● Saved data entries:

___

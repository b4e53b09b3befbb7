// What the names of faults and traps mean.

ghost use Rattle.std.specs.Prelude.{◌≡◌, IfNone, IfSome, false, true};
ghost use Rattle.refusal_reasons.specs.Names.{are_letters, ending_name};

use crate::near::are_letters;
use std::fmt;

/// A fault or a trap with which main may end. Its text is its name, then what it means, what it comes of, an example, and what to do, each on a line
/// of its own.
#[derive(Clone, Copy, Debug, PartialEq, Eq)]
pub enum Ending {
    /// A fault: the object is gone with the worker that owned it.
    OwnerDied,
    /// A fault: a value that was put lost its only copy.
    PutLost,
    /// A fault: each run of the task that it was allowed broke.
    RetriesUsed,
    /// A trap: a result outside the 64-bit signed integers.
    Overflow,
    /// A trap: a quotient or a remainder by 0.
    DivZero,
    /// A trap: an index outside a list.
    Index,
    /// A trap: a list of more than 4,096 items.
    TooLong,
    /// A trap: a loop of more than 10,000 turns.
    Loop,
    /// A trap: a call at depth 33 or more.
    TooDeep,
}

/// All of them.
pub(crate) const ENDINGS: [Ending; 9] = [
    Ending::OwnerDied,
    Ending::PutLost,
    Ending::RetriesUsed,
    Ending::Overflow,
    Ending::DivZero,
    Ending::Index,
    Ending::TooLong,
    Ending::Loop,
    Ending::TooDeep,
];

impl Ending {
    /// The fault or the trap with this name, in letters of either case, if there is one.
    pub fn named(name: &[u8]) -> Option<Ending>
        ensures found { IfSome result (λ e. are_letters (ending_name e) name.now ≡ true) }
        ensures none { IfNone result ((e : _) → are_letters (ending_name e) name.now ≡ false) }
    {
        if are_letters(Ending::OwnerDied.name().as_bytes(), name) {
            return Some(Ending::OwnerDied);
        }
        if are_letters(Ending::PutLost.name().as_bytes(), name) {
            return Some(Ending::PutLost);
        }
        if are_letters(Ending::RetriesUsed.name().as_bytes(), name) {
            return Some(Ending::RetriesUsed);
        }
        if are_letters(Ending::Overflow.name().as_bytes(), name) {
            return Some(Ending::Overflow);
        }
        if are_letters(Ending::DivZero.name().as_bytes(), name) {
            return Some(Ending::DivZero);
        }
        if are_letters(Ending::Index.name().as_bytes(), name) {
            return Some(Ending::Index);
        }
        if are_letters(Ending::TooLong.name().as_bytes(), name) {
            return Some(Ending::TooLong);
        }
        if are_letters(Ending::Loop.name().as_bytes(), name) {
            return Some(Ending::Loop);
        }
        if are_letters(Ending::TooDeep.name().as_bytes(), name) {
            return Some(Ending::TooDeep);
        }
        None
    }

    /// The name as reports and logs write it, such as `PutLost`.
    pub fn name(self) -> &'static str
        ensures { result.now ≡ ending_name self }
    {
        match self {
            Ending::OwnerDied => "OwnerDied",
            Ending::PutLost => "PutLost",
            Ending::RetriesUsed => "RetriesUsed",
            Ending::Overflow => "Overflow",
            Ending::DivZero => "DivZero",
            Ending::Index => "Index",
            Ending::TooLong => "TooLong",
            Ending::Loop => "Loop",
            Ending::TooDeep => "TooDeep",
        }
    }

    /// What kind of end it is.
    fn kind(self) -> &'static str {
        match self {
            Ending::OwnerDied | Ending::PutLost | Ending::RetriesUsed => "a fault",
            _ => "a trap",
        }
    }

    /// What happened where main ends so, in one sentence.
    fn meaning(self) -> &'static str {
        match self {
            Ending::OwnerDied => "The object is gone with the worker that owned it.",
            Ending::PutLost =>
                "The value was put, and its only copy is lost: no task can make it again.",
            Ending::RetriesUsed => "Each run of the task that it was allowed broke.",
            Ending::Overflow => "A result does not fit the 64-bit signed integers.",
            Ending::DivZero => "A number was divided by 0.",
            Ending::Index => "A list has no item at an index.",
            Ending::TooLong => "A list would have 4,097 items.",
            Ending::Loop => "A loop would take more than 10,000 turns.",
            Ending::TooDeep => "Calls would stand 33 deep inside one another, main not counted.",
        }
    }

    /// What leads to it.
    fn source(self) -> &'static str {
        match self {
            Ending::OwnerDied => {
                "the death of the worker whose attempt made the reference, or of its node, before a get of the object was answered"
            }
            Ending::PutLost =>
                "a lose of the value on the node of the worker that put it, and a get behind it",
            Ending::RetriesUsed => {
                "runs that broke, by a death of worker or node or a loss of the result, one more than the new runs of remote(k): 3 where no k is written"
            }
            Ending::Overflow => "+, -, * or a negation, or / or % of the least number by -1",
            Ending::DivZero => "/ or % by 0",
            Ending::Index => "an index below 0, or not below the list's length",
            Ending::TooLong => "a push onto a list of 4,096 items",
            Ending::Loop => "the bounds of a for, before its first turn",
            Ending::TooDeep => "a function that calls itself too often, plainly or remotely",
        }
    }

    /// An expression or an event that leads to it.
    fn example(self) -> &'static str {
        match self {
            Ending::OwnerDied => {
                "get get remote start(), where start returns remote leaf() and its worker dies"
            }
            Ending::PutLost =>
                "let p = put [7, 8]; and lose 1 o1.1 before the task that p is handed to",
            Ending::RetriesUsed => "get remote(0) f(), whose worker dies",
            Ending::Overflow => "9223372036854775807 + 1",
            Ending::DivZero => "1 / 0",
            Ending::Index => "[7, 8][2]",
            Ending::TooLong => "push(l, 1) where len(l) is 4096",
            Ending::Loop => "for i in 0 .. 10001 { }",
            Ending::TooDeep => "fn f() -> int { return f(); }",
        }
    }

    /// What the writer of a script can do against it.
    fn remedy(self) -> &'static str {
        match self {
            Ending::OwnerDied => {
                "get the result where its reference was made, and hand on the value; why names the death"
            }
            Ending::PutLost =>
                "have a task make the value in place of put, so that it can be made again",
            Ending::RetriesUsed =>
                "allow more new runs, up to 10: remote(10) f(); why names the deaths and losses",
            Ending::Overflow => "keep the numbers smaller; why names the attempt",
            Ending::DivZero => "test the divisor before",
            Ending::Index => "test the index against 0 and len before",
            Ending::TooLong => "split the list into several",
            Ending::Loop => "put one loop inside another, or loop in several tasks",
            Ending::TooDeep => "loop in place of calls, or halve what each call has to do",
        }
    }
}

impl fmt::Display for Ending {
    fn fmt<W: fmt::Write>(&self, f: &mut fmt::Formatter<W>) -> fmt::Result {
        let (name, kind) = (self.name(), self.kind());
        let (meaning, source) = (self.meaning(), self.source());
        let (example, remedy) = (self.example(), self.remedy());
        write!(
            f,
            "{name}, {kind}\n{meaning}\nComes of: {source}\nExample: {example}\nWhat to do: {remedy}"
        )
    }
}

___

● Prompt: Take the lines from the first line of the records through the line holding "of more than 10,000 turns.", both included, and please reproduce them exactly with nothing added.

● Response:
repository b4e53b09b3befbb7
// What the names of faults and traps mean.

ghost use Rattle.std.specs.Prelude.{◌≡◌, IfNone, IfSome, false, true};
ghost use Rattle.refusal_reasons.specs.Names.{are_letters, ending_name};

use crate::near::are_letters;
use std::fmt;

/// A fault or a trap with which main may end. Its text is its name, then what it means, what it comes of, an example, and what to do, each on a line
/// of its own.
#[derive(Clone, Copy, Debug, PartialEq, Eq)]
pub enum Ending {
    /// A fault: the object is gone with the worker that owned it.
    OwnerDied,
    /// A fault: a value that was put lost its only copy.
    PutLost,
    /// A fault: each run of the task that it was allowed broke.
    RetriesUsed,
    /// A trap: a result outside the 64-bit signed integers.
    Overflow,
    /// A trap: a quotient or a remainder by 0.
    DivZero,
    /// A trap: an index outside a list.
    Index,
    /// A trap: a list of more than 4,096 items.
    TooLong,
    /// A trap: a loop of more than 10,000 turns.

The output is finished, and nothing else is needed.